| WHAT THIS TASK INVOLVES |
Where a line below holds the string "Unreadable", copy that line.

| PROVIDED MATERIAL |
// What every command prints that does not do what it was asked.
ghost use Rattle.std.specs.Prelude.{◌≡◌, false, is_ok, IfOk, Ok};
ghost use Rattle.tifrozel.specs.declared.answers.Undone.TheVariants.{System};

use filing::VolumeFault;
use manual::Cause;
use record::RecordFault;
use refusal::Refusal;
use std::alloc::AllocError;
use std::{fmt, io};

// Why a command did not do what it was asked.
#[derive(Debug, Drop)]
pub enum Undone {
    // what is to be said of it has been printed
    Told,
    // want of memory, or input or output that failed
    System(io::Error),
}

pub type Done = Result<(), Undone>;

impl From<io::Error> for Undone {
    ghost from_gives = { λ e r. r ≡ System e };

    fn from(e: io::Error) -> Undone {
        Undone::System(e)
    }
}

impl From<AllocError> for Undone {
    fn from(e: AllocError) -> Undone {
        Undone::System(io::Error::from(e))
    }
}

// Prints what failed, where nothing has been said of it yet.
pub fn tell(rt: &HostRuntime, head: &str, answer: Done) -> Done
    ensures { is_ok result ≡ is_ok answer }
{
    match answer {
        Err(Undone::System(e)) => not_run(rt, head, e),
        told => told,
    }
}

// What a command did.
pub fn say<W: fmt::Display + Drop>(rt: &HostRuntime, head: &str, done: W) -> Done {
    println!(rt; "{head}: {done}")?;
    Ok(())
}

// A command that cannot run says why. `head` is the command's words without its edition, here and below.
pub fn not_run<W: fmt::Display + Drop>(rt: &HostRuntime, head: &str, why: W) -> Done
    ensures { is_ok result ≡ false }
{
    println!(rt; "{head}: not run, {why}")?;
    Err(Undone::Told)
}

// A refusal, in the words of its fault.
pub fn refused(rt: &HostRuntime, head: &str, fault: VolumeFault) -> Done
    ensures { is_ok result ≡ false }
{
    let refusal = Refusal::from(fault);
    println!(rt; "{head}: refused {refusal}")?;
    if let VolumeFault::File(file) | VolumeFault::Unreadable(_, file) = fault
        && let Cause::Unreadable(RecordFault::Layout(field)) = file.cause
    {
        eprintln!(rt; "the field is {field}")?;
    }
    Err(Undone::Told)
}

// The bytes of a file; where it cannot be read, the command says so.
pub fn bytes_of(
    rt: &HostRuntime,
    head: &str,
    path: &str,
    read: io::Result<Vec<u8>>,
) -> Result<Vec<u8>, Undone>
    ensures { IfOk result (λ bytes. read ≡ Ok bytes) }
{
    match read {
        Ok(bytes) => Ok(bytes),
        Err(e) => {
            println!(rt; "{head}: not run, cannot read {path}: {e}")?;
            Err(Undone::Told)
        }
    }
}

// A number and the noun for so many.
#[derive(Clone, Copy, Debug, PartialEq, Eq)]
pub struct Counted {
    pub many: usize,
    pub one: &'static str,
    pub more: &'static str,
}

impl fmt::Display for Counted {
    fn fmt<W: fmt::Write>(&self, f: &mut fmt::Formatter<W>) -> fmt::Result {
        let many = self.many;
        let noun = if many == 1 { self.one } else { self.more };
        write!(f, "{many} {noun}")
    }
}

pub fn records(many: usize) -> Counted
    ensures { result.many ≡ many }
{
    Counted {
        many,
        one: "record",
        more: "records",
    }
}

pub fn rows(many: usize) -> Counted
    ensures { result.many ≡ many }
{
    Counted {
        many,
        one: "row",
        more: "rows",
    }
}

pub fn bytes(many: usize) -> Counted
    ensures { result.many ≡ many }
{
    Counted {
        many,
        one: "byte",
        more: "bytes",
    }
}

pub fn entries(many: usize) -> Counted
    ensures { result.many ≡ many }
{
    Counted {
        many,
        one: "entry",
        more: "entries",
    }
}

| TASK SOLUTION |
    if let VolumeFault::File(file) | VolumeFault::Unreadable(_, file) = fault
        && let Cause::Unreadable(RecordFault::Layout(field)) = file.cause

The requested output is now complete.